• What you need to do:
Among the entries below, one stretch runs from the line that contains "filename crates/scripts/src/input.rt" through the line that contains "Consumes (R.remaining source.old.reader)". Repeat that stretch exactly, ends included, and only that.

Stored dataset items:
::::::::::
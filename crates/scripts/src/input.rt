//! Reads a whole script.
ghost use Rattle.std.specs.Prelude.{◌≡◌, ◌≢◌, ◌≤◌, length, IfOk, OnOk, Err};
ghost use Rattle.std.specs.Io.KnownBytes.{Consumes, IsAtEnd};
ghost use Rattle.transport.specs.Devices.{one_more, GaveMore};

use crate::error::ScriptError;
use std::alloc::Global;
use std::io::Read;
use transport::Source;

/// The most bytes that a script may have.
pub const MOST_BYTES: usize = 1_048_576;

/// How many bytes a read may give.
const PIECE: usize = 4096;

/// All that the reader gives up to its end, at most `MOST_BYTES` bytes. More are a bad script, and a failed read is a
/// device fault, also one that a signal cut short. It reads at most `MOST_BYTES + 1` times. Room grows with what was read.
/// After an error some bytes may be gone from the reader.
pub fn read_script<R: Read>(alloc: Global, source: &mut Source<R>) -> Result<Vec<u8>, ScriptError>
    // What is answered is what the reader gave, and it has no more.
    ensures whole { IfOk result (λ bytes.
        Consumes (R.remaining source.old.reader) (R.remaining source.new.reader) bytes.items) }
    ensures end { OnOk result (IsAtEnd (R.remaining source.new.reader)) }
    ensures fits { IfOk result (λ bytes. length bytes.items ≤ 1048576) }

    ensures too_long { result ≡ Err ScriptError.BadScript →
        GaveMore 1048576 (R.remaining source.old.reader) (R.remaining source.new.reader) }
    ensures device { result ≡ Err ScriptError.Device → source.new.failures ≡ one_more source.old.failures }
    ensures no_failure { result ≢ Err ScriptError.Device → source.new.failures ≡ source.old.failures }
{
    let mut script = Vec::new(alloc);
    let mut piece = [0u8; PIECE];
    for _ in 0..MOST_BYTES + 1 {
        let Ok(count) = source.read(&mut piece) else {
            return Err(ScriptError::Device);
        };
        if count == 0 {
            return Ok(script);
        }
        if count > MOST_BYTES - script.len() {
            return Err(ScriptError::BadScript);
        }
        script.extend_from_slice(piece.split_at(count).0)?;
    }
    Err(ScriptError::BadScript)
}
::::::::::
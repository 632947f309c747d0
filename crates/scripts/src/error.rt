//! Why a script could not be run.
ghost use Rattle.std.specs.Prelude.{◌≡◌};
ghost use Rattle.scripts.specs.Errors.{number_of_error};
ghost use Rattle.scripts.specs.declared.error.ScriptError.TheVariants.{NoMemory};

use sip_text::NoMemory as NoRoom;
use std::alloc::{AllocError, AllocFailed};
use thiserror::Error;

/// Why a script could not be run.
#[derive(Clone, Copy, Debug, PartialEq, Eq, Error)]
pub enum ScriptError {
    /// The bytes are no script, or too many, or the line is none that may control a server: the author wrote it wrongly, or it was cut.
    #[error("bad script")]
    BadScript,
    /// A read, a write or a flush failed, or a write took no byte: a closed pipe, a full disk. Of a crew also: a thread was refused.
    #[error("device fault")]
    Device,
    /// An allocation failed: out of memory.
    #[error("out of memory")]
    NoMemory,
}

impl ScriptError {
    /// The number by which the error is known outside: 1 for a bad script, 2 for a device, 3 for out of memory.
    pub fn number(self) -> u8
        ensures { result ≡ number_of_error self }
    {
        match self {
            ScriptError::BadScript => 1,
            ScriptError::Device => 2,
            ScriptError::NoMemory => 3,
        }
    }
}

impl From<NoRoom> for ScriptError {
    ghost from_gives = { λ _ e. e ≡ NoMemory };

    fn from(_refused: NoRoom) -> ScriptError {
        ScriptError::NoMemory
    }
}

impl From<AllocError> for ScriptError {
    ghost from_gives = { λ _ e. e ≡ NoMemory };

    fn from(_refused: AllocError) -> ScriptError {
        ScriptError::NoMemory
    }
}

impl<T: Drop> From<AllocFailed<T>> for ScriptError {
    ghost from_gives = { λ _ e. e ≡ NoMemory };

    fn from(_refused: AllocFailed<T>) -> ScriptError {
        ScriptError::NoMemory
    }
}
::::::::::
• Completed exercise:
filename crates/scripts/src/input.rt
//! Reads a whole script.
ghost use Rattle.std.specs.Prelude.{◌≡◌, ◌≢◌, ◌≤◌, length, IfOk, OnOk, Err};
ghost use Rattle.std.specs.Io.KnownBytes.{Consumes, IsAtEnd};
ghost use Rattle.transport.specs.Devices.{one_more, GaveMore};

use crate::error::ScriptError;
use std::alloc::Global;
use std::io::Read;
use transport::Source;

/// The most bytes that a script may have.
pub const MOST_BYTES: usize = 1_048_576;

/// How many bytes a read may give.
const PIECE: usize = 4096;

/// All that the reader gives up to its end, at most `MOST_BYTES` bytes. More are a bad script, and a failed read is a
/// device fault, also one that a signal cut short. It reads at most `MOST_BYTES + 1` times. Room grows with what was read.
/// After an error some bytes may be gone from the reader.
pub fn read_script<R: Read>(alloc: Global, source: &mut Source<R>) -> Result<Vec<u8>, ScriptError>
    // What is answered is what the reader gave, and it has no more.
    ensures whole { IfOk result (λ bytes.
        Consumes (R.remaining source.old.reader) (R.remaining source.new.reader) bytes.items) }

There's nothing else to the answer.